> _YOUR GOAL_: Copy the lines below that contain "alloc".

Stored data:

□ □ □ □ □

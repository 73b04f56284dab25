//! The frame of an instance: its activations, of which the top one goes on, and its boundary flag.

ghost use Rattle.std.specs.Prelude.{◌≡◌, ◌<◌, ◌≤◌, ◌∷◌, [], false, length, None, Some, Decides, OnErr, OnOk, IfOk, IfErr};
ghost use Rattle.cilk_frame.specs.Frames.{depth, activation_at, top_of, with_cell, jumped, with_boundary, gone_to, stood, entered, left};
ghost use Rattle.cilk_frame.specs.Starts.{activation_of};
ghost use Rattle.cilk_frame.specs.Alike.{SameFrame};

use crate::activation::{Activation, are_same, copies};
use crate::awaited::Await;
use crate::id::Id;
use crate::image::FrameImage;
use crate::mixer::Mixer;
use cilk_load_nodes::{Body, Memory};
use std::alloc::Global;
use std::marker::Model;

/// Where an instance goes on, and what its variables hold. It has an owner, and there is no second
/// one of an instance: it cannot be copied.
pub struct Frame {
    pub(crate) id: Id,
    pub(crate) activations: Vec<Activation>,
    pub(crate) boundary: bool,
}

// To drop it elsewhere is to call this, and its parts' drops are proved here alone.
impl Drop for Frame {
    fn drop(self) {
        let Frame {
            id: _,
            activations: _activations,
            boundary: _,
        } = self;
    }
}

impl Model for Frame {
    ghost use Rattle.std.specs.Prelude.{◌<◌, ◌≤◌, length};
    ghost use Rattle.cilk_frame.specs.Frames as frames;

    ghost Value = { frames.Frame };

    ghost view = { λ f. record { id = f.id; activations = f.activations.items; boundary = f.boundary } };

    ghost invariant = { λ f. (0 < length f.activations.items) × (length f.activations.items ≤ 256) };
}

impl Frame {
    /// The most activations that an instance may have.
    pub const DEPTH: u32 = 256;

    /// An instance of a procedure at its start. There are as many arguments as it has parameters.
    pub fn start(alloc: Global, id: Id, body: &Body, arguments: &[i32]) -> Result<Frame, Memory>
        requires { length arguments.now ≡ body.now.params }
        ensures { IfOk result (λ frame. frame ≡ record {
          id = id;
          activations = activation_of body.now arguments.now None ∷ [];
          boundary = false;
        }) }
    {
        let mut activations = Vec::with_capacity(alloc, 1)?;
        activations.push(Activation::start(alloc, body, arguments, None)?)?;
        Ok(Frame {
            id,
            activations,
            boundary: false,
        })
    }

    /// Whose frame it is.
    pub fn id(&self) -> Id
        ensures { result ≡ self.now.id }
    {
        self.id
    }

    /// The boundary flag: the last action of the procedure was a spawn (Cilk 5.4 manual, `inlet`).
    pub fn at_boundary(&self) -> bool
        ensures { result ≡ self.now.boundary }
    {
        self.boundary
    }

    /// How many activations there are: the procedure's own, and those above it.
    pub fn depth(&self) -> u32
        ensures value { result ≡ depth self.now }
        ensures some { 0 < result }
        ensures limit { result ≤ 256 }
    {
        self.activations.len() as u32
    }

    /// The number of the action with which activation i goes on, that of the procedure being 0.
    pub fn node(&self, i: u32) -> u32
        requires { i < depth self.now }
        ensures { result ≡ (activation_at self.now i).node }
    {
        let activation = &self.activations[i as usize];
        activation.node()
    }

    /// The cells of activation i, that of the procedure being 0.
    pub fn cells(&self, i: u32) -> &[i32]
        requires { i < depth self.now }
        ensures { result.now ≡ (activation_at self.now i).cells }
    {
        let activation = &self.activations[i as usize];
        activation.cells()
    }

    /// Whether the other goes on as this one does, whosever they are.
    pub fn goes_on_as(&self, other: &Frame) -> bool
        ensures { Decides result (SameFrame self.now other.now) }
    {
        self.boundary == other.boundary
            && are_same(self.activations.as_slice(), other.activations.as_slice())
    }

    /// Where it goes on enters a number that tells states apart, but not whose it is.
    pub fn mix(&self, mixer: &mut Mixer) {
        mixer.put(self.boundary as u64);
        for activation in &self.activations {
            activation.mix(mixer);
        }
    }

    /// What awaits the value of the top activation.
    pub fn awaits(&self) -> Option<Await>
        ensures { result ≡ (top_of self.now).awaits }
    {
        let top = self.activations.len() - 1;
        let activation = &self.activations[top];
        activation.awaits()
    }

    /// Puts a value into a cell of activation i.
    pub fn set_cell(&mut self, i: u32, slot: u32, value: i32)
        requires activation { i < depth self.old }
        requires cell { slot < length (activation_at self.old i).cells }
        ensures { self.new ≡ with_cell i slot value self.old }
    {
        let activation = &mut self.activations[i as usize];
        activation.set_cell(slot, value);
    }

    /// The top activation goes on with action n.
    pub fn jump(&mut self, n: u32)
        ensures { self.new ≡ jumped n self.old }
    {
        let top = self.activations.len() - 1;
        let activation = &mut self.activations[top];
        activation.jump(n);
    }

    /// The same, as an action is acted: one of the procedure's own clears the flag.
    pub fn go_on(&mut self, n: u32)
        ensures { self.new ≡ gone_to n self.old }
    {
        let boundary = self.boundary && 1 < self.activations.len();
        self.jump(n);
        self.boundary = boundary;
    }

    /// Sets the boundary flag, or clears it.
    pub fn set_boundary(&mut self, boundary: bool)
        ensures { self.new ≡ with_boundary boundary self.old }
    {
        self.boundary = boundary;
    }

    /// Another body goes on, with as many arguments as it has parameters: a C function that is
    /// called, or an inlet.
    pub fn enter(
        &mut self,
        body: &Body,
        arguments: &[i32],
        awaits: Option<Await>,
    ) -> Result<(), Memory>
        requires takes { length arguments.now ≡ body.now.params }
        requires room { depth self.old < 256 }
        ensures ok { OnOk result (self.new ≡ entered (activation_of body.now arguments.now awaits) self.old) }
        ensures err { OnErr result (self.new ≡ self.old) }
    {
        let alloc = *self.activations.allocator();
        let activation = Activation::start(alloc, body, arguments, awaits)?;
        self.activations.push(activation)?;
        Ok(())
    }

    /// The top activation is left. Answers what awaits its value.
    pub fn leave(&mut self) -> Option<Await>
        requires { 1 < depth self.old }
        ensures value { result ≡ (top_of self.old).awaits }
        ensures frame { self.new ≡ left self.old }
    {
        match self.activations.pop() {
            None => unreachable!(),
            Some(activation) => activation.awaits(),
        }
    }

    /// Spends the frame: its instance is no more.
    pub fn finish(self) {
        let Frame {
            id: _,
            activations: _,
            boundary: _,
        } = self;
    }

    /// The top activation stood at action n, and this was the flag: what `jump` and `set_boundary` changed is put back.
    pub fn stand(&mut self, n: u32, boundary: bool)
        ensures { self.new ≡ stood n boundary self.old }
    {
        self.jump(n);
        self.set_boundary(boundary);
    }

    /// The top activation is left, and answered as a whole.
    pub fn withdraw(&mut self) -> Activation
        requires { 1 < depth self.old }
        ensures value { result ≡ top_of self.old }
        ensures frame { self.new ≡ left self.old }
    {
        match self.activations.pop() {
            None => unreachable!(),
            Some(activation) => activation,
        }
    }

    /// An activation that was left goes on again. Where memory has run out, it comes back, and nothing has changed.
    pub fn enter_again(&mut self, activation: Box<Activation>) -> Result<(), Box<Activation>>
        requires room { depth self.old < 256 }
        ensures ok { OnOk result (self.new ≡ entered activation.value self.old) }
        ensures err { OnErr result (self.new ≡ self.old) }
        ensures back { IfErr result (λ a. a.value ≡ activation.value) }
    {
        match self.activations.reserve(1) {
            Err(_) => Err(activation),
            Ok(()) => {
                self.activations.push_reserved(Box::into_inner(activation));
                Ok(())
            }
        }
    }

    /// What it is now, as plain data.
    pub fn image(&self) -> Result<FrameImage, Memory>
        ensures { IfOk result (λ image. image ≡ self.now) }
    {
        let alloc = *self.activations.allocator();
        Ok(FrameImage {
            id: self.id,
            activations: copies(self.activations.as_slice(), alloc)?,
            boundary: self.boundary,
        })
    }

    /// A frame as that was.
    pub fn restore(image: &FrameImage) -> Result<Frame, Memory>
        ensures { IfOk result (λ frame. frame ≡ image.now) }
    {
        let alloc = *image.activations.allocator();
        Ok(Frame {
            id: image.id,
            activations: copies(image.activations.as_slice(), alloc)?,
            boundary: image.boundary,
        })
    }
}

□ □ □ □ □

> _REPLY TO THE TASK_:
use std::alloc::Global;
    pub fn start(alloc: Global, id: Id, body: &Body, arguments: &[i32]) -> Result<Frame, Memory>
        let mut activations = Vec::with_capacity(alloc, 1)?;
        activations.push(Activation::start(alloc, body, arguments, None)?)?;
        let alloc = *self.activations.allocator();
        let activation = Activation::start(alloc, body, arguments, awaits)?;
        let alloc = *self.activations.allocator();
            activations: copies(self.activations.as_slice(), alloc)?,
        let alloc = *image.activations.allocator();
            activations: copies(image.activations.as_slice(), alloc)?,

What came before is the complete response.